Differentiating lymphoma from lymphoid inflammatory hyperplasia using 18 F-FDG PET/CT radiomics combined with clinical features

Acta Universitatis Medicinalis Anhui 2025, 05, v.60 954-963     font:big middle small

Found programs: SKY Image Scientific Research Fund of China International Medical Foundation(No.Z-2014-07-2003-18);Scientific Research Project of Dazhou Medical Association(No.D2010);Natural Science Foundation of Anhui Province(No.2008085QH406)
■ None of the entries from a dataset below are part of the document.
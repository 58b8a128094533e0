//! How statements are written, with what comes before and behind them.
use port_draft::{DEPTH, Draft};
use port_expressions::expression;
use port_tokens::{Kind, NONE, NOTHING, PortRefusal, Reason, Span, Token};
use std::alloc::AllocError;

/// Begins the statement that stands there, and gives the blanks before it.
pub fn begin(draft: &mut Draft, at: usize) -> Span {
    let before = draft.token(at).before;
    draft.indent = line_start(draft, before);
    if draft.indent != draft.blank {
        draft.outer = draft.indent;
    }
    draft.is_late = false;
    before
}

/// The last line end of some blanks, with the blanks behind it; one blank, if no line ends there.
pub fn line_start(draft: &Draft, before: Span) -> Span {
    let mut start = None;
    let mut end = before.start;
    for at in before.start..before.end {
        let byte = draft.pool.byte(at);
        if byte == b'\n' {
            start = Some(at);
        }
        let is_behind = end == at && (byte == b' ' || byte == b'\t');
        if byte == b'\n' || is_behind {
            end = at.saturating_add(1);
        }
    }
    match start {
        Some(start) => Span { start, end },
        None => draft.blank,
    }
}

/// The blanks before a statement of the body that begins there.
pub fn inner_indent(draft: &Draft, body: usize) -> Span {
    let first = if draft.is(body, b"{") {
        body.saturating_add(1)
    } else {
        body
    };
    let found = line_start(draft, draft.token(first).before);
    if found == draft.blank {
        draft.indent
    } else {
        found
    }
}

/// Writes the statement that the line has from there on behind what comes before it, and in front of what comes behind it.
pub fn finish(draft: &mut Draft, first: Span, start: usize) -> Result<(), AllocError> {
    let mut blanks = first;
    if !draft.before.is_empty() {
        let before = all_before(draft);
        draft.written.append(first, draft.before.part(before))?;
        blanks = draft.indent;
        draft.statements = draft.statements.saturating_add(1);
    }
    write(draft, blanks, start)?;
    if !draft.behind.is_empty() {
        put_behind(draft)?;
    }
    draft.before.truncate(0);
    draft.statements = draft.statements.saturating_add(1);
    Ok(())
}

fn all_before(draft: &Draft) -> Span {
    Span {
        start: 0,
        end: draft.before.len(),
    }
}

/// Writes what comes behind a statement.
fn put_behind(draft: &mut Draft) -> Result<(), AllocError> {
    let behind = Span {
        start: 0,
        end: draft.behind.len(),
    };
    draft.written.extend(draft.behind.part(behind))?;
    draft.behind.truncate(0);
    draft.statements = draft.statements.saturating_add(1);
    Ok(())
}

/// Writes what the line has from there on, the first token behind these blanks.
pub fn write(draft: &mut Draft, first: Span, start: usize) -> Result<(), AllocError> {
    let part = draft.line_from(start);
    draft.written.append(first, draft.line.part(part))?;
    draft.line.truncate(start);
    Ok(())
}

/// Writes the blanks and comments before the token there.
pub fn leave_out(draft: &mut Draft, at: usize) -> Result<(), AllocError> {
    let before = draft.token(at).before;
    write_left(draft, before)
}

/// Writes the comments before what is left out, if there are some.
pub(crate) fn write_left(draft: &mut Draft, before: Span) -> Result<(), AllocError> {
    if has_comment(draft, before) {
        draft.put(Token { before, ..NOTHING })
    } else {
        Ok(())
    }
}

/// Whether some blanks have a comment among them.
fn has_comment(draft: &Draft, before: Span) -> bool {
    for at in before.start..before.end {
        if draft.pool.byte(at) == b'/' {
            return true;
        }
    }
    false
}

/// Puts a `;` into the line in the place of the mark there.
pub fn ending(draft: &mut Draft, at: usize) -> Result<(), AllocError> {
    let before = draft.token(at).before;
    draft.push_behind(before, b";")
}

/// The blanks before a further statement or name, which stands there: those of its line, or its own with their comments.
pub fn further(draft: &Draft, at: usize) -> Span {
    let before = draft.token(at).before;
    if has_comment(draft, before) {
        before
    } else {
        draft.indent
    }
}

/// Where the statement ends that goes on there.
pub fn end_of(draft: &Draft, from: usize) -> Result<usize, PortRefusal> {
    let mut next = from;
    for at in from..draft.tokens.len() {
        if at < next {
            continue;
        }
        if draft.is(at, b";") {
            return Ok(at);
        }
        next = draft.partner(at);
        if next < at || draft.token(at).kind == Kind::Nothing {
            return Err(draft.refuse(at, Reason::Statement));
        }
        next = next.saturating_add(1);
    }
    Err(draft.refuse(from, Reason::Statement))
}

/// Leaves room for a brace, and says where.
pub fn leave_room(draft: &mut Draft) -> Result<usize, AllocError> {
    let room = draft.written.len();
    draft.put(NOTHING)?;
    Ok(room)
}

/// Encloses what is written from there on in braces.
pub fn enclose_from(draft: &mut Draft, room: usize, before: Span) -> Result<(), AllocError> {
    let open = draft.made(b"{", Kind::Mark, 0)?;
    draft.written.replace(room, open);
    let close = draft.made(b"}", Kind::Mark, 0)?;
    draft.put(Token { before, ..close })
}

/// Puts what comes before a loop's test into the line, and a statement that leaves the loop where the test fails, which the
/// line has from there on.
pub fn leaving(draft: &mut Draft, test: usize) -> Result<Span, AllocError> {
    let part = draft.line_from(test);
    let before = all_before(draft);
    draft.line.extend(draft.before.part(before))?;
    draft.before.truncate(0);
    push_leaving(draft, part)?;
    Ok(draft.line_from(part.end))
}

/// Puts a statement into the line that leaves a loop where a test fails.
fn push_leaving(draft: &mut Draft, test: Span) -> Result<(), AllocError> {
    let indent = draft.indent;
    draft.push_behind(indent, b"if (!")?;
    let start = draft.line.len();
    draft.line.repeat(test)?;
    draft.enclose_operand(start)?;
    draft.line.space(start, NONE);
    draft.push_close(b") break;")
}

/// Puts a test or another value in the head of a statement into the line.
///
/// # Errors
///
/// What is not ported, and where; or out of memory.
pub fn head_value(draft: &mut Draft, part: Span) -> Result<(), PortRefusal> {
    draft.region = part;
    draft.is_late = false;
    expression(draft, part, DEPTH)
}

/// Whether `continue` stands in what is written from there on.
pub fn has_continue(draft: &Draft, from: usize) -> bool {
    for number in from..draft.written.len() {
        if draft.pool.is(draft.written.token(number).text, b"continue") {
            return true;
        }
    }
    false
}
Authors:Xie Liang; Qin Jialin; Wu Ruixue; Xiang Chunfeng; Fang Pengfei; Shou Chenfeng; Chen Hong; Pang Xiaoxi

Keywords:radiomics;lymphoma;lymphoid inflammatory hyperplasia;PET/CT; F-FDG ;nuclear medical diagnostics

DOI:10.19405/j.cnki.issn1000-1492.2025.05.024

〔Abstract〕 Objective To develop and to validate a combined model integrating18F-FDG PET/CT radiomics with clinical features to distinguish between lymphoma and lymphoid inflammatory hyperplasia. Methods A retrospective study was conducted on a cohort of 232 patients diagnosed with lymphoma or lymphoid inflammatory hyperplasia. Comparative analyses of clinical and traditional imaging indicators were performed to identify inter-group differences. The clinical features were delineated and extracted using medical software including 3D-Slicer and Lifex. Selection of the features was performed to construct a PET/CT-based radiomics Logistic model, with a combined model integrating PET/CT with clinical features then used to evaluate the discriminative efficacy of these models. Results Analysis of inter-group differences indicated that age, CTmean, and metabolic tumor volume(MTV)were effective for differentiating between lymphoma and lymphoid inflammatory hyperplasia(P<0.05). The PET/CT-based radiomics Logistic model differentiated between lymphoma and lymphoid inflammatory hyperplasia, with an area under curve(AUC) of 0.924(95%CI: 0.884-0.960) and 0.863(95%CI: 0.774-0.939) in the training and testing cohorts, respectively. The integrated Logistic model that combined PET/CT-based radiomics with clinical features to distinguish between lymphoma and lymphoid inflammatory hyperplasia achieved an AUC of 0.933(95%CI: 0.889-0.969) in the training cohort and 0.884(95%CI: 0.792-0.964) in the testing cohort. Decision curve analysis(DCA) demonstrated that the integrated model provided the greatest clinical net benefit. Conclusion The hybrid model integrating18F-FDG PET/CT radiomics with clinical features shows robust diagnostic efficacy to distinguish between lymphoma and lymphoid inflammatory hyperplasia.